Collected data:
....
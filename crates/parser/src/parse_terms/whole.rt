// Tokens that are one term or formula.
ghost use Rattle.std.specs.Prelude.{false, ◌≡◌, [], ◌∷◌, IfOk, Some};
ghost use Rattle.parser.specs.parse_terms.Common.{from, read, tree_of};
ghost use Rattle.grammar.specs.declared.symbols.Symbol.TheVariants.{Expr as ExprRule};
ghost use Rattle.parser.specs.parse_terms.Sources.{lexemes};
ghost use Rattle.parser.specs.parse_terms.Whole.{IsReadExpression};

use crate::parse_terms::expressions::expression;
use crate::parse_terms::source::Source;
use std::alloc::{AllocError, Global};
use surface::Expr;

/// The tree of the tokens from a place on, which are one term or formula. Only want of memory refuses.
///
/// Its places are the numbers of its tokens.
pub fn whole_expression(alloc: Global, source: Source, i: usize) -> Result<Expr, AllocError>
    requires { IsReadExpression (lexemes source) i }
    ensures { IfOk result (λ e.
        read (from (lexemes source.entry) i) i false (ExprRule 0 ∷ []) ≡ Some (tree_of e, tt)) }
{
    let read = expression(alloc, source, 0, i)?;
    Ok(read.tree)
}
....
[WHAT IS NEEDED]
Without leaving anything out, repeat every entry shown above.

[COMPLETED EXERCISE]
filename crates/parser/src/parse_terms/whole.rt
// Tokens that are one term or formula.
ghost use Rattle.std.specs.Prelude.{false, ◌≡◌, [], ◌∷◌, IfOk, Some};
ghost use Rattle.parser.specs.parse_terms.Common.{from, read, tree_of};
ghost use Rattle.grammar.specs.declared.symbols.Symbol.TheVariants.{Expr as ExprRule};
ghost use Rattle.parser.specs.parse_terms.Sources.{lexemes};
ghost use Rattle.parser.specs.parse_terms.Whole.{IsReadExpression};

use crate::parse_terms::expressions::expression;
use crate::parse_terms::source::Source;
use std::alloc::{AllocError, Global};
use surface::Expr;

/// The tree of the tokens from a place on, which are one term or formula. Only want of memory refuses.
///
/// Its places are the numbers of its tokens.
pub fn whole_expression(alloc: Global, source: Source, i: usize) -> Result<Expr, AllocError>
    requires { IsReadExpression (lexemes source) i }
    ensures { IfOk result (λ e.
        read (from (lexemes source.entry) i) i false (ExprRule 0 ∷ []) ≡ Some (tree_of e, tt)) }
{
    let read = expression(alloc, source, 0, i)?;
    Ok(read.tree)
}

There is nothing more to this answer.